The number of abortion clinics in a state is not the only way to judge access to abortion care, says new research conducted by a consortium of research scholars from across Ohio, the Ohio Policy Evaluation Network (OPEN), which includes scholars from the University of Cincinnati.
In the study, published in the New England Journal of Medicine, researchers assessed abortion access in Ohio by examining what OPEN scholars call “abortion care churn,” defined as clinic-level instability of abortion care services and chronic uncertainty about the potential for closure or service delivery changes. According to the study, abortion care churn is highly disruptive to clinics, creates barriers for patients and is disorienting to the public.

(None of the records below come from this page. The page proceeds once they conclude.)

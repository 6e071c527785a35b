//! Which immediates a query looks at.
ghost use Rattle.std.specs.Prelude.{◌≡◌, ◌||◌, IfOk, OnOk, codes};
ghost use Rattle.cal_context.specs.Tree.{Tree};
ghost use Rattle.cal_rowset.specs.Texts.{first_seen, is_same};
ghost use Rattle.cal_engine.specs.Looked.{IsLooked, LooksAll, has_some_name, is_looked};
ghost use Rattle.cal_engine.specs.Looked.{looks_at as looks_at_so, spoken_names as spoken_names_so};

use crate::fold::is_aggregated;
use crate::spoken::spoken_names;
use cal_context::{AttributeNumber, Context};
use cal_filter::AttributeMemo;
use cal_ql::Query;
use cal_seeds::Seeds;
use cal_value::{Attribute, OutOfMemory, Text};
use indexmap::IndexSet;
use std::alloc::Global;

/// Which immediates a query looks at. An aggregated query needn't see the others, so that they
/// aren't copied.
#[derive(Drop)]
pub(crate) struct Looked {
    // all names that the query speaks of, each once
    names: IndexSet<Text, Seeds>,
    // of each attribute: whether its immediates are looked at
    attributes: AttributeMemo,
}

impl Looked {
    /// It knows no attribute yet. Names hash by these seeds.
    pub(crate) fn new(alloc: Global, seeds: Seeds, query: &Query) -> Result<Looked, OutOfMemory>
        ensures { IfOk result (λ looked. (t : Tree) → IsLooked t query.now looked) }
    {
        Ok(Looked {
            names: spoken_names(alloc, seeds, query)?,
            attributes: AttributeMemo::new(alloc),
        })
    }

    /// Gets to know the attributes that are new in a context: each one's name is looked for once.
    pub(crate) fn catch_up(&mut self, query: &Query, context: &Context) -> Result<(), OutOfMemory>
        ensures { OnOk result (IsLooked context.now query.now self.old
            → LooksAll context.now query.now self.new) }
    {
        for place in self.attributes.len()..context.attribute_count() {
            let Ok(number) = u32::try_from(place) else {
                return Err(OutOfMemory);
            };
            let attribute = context.attribute_at(AttributeNumber(number));
            let looks = looks_at(query, &self.names, attribute);
            self.attributes.push(looks)?;
        }
        Ok(())
    }

    /// Whether the immediates of an attribute are looked at.
    pub(crate) fn has(&self, attribute: AttributeNumber) -> bool
        ensures { result ≡ is_looked self.now attribute }
    {
        let _ = &self.names;
        self.attributes.get(attribute)
    }
}

fn looks_at(query: &Query, names: &IndexSet<Text, Seeds>, attribute: &Attribute) -> bool
    ensures { names.now.keys ≡ first_seen (spoken_names_so query.now)
        → result ≡ looks_at_so query.now attribute.now }
{
    if !is_aggregated(query) {
        return true;
    }
    is_among(names, attribute)
}

/// Whether an attribute has one of these names, or is a record's weight.
fn is_among(names: &IndexSet<Text, Seeds>, attribute: &Attribute) -> bool
    ensures { result ≡ (has_some_name names.now.keys attribute.now
        || is_same attribute.now.name (codes "count")) }
{
    names.contains(&attribute.name) || is_weight(attribute)
}

fn is_weight(attribute: &Attribute) -> bool
    ensures { result ≡ is_same attribute.now.name (codes "count") }
{
    attribute.name.as_str() == "count"
}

“Measuring abortion care churn and the consistency of access to comprehensive abortion services contributes to better understanding of the effects of restrictions and non-regulatory factors on abortion clinics, clinicians who provide abortion, and the populations they serve,” says lead author Michelle McGowan, Ph.D., research associate professor in the Department of Pediatrics in the University of Cincinnati College of Medicine and the Department of Women’s, Gender, and Sexuality Studies in UC’s College of Arts and Sciences.
To measure abortion care churn, OPEN researchers assessed the stability and changes in services offered (such as medication, telemedicine, or surgical abortions), as well as the gestational limit to which facilities can perform the procedure. These gestational limits are either imposed by the state or the clinic itself. Other factors, such as the cost for procedures and available financial aid for patients, wait times, and the number of days that clinics are open per week, were also used to measure abortion care churn.
Researchers used the example of the sole remaining abortion clinic in Toledo, Ohio, to illustrate the impact of abortion care churn. In 2013, one of two abortion clinics in the city closed because it was unable to establish a state-mandated written transfer agreement (WTA) with a local hospital. Since 2013, the remaining Toledo clinic has experienced multiple changes in its services, including legal challenges to obtain WTAs, staffing changes, shifts in ownership, and licensing restrictions. While the Toledo clinic has remained continuously open since obtaining a surgical license in 2005, these variations in the availability of services compromised abortion access in Northwest Ohio.
“After several years of legal uncertainty and changes in clinic licensing and staffing, the Toledo clinic limited its services to medication abortion in 2019, and patients now have to travel across the state or out of state for surgical abortions,” says McGowan.
As seen in the case of Toledo, while abortion policies and clinic practices may not result in closures, they can still affect a patient’s ability to obtain the procedure they seek in a timely manner with minimal burden—or to access care at all. While restrictions imposed by state legislatures, executive actions, and public health orders directly impact access, fluctuations in clinic service delivery and the accompanying public perception of clinic status also stymie patients’ access to abortion care.
“The number of abortion clinics in a state ought not to be the only way we judge access to abortion care,” says McGowan, adding that abortion care churn needs to be integrated into evaluations of abortion access.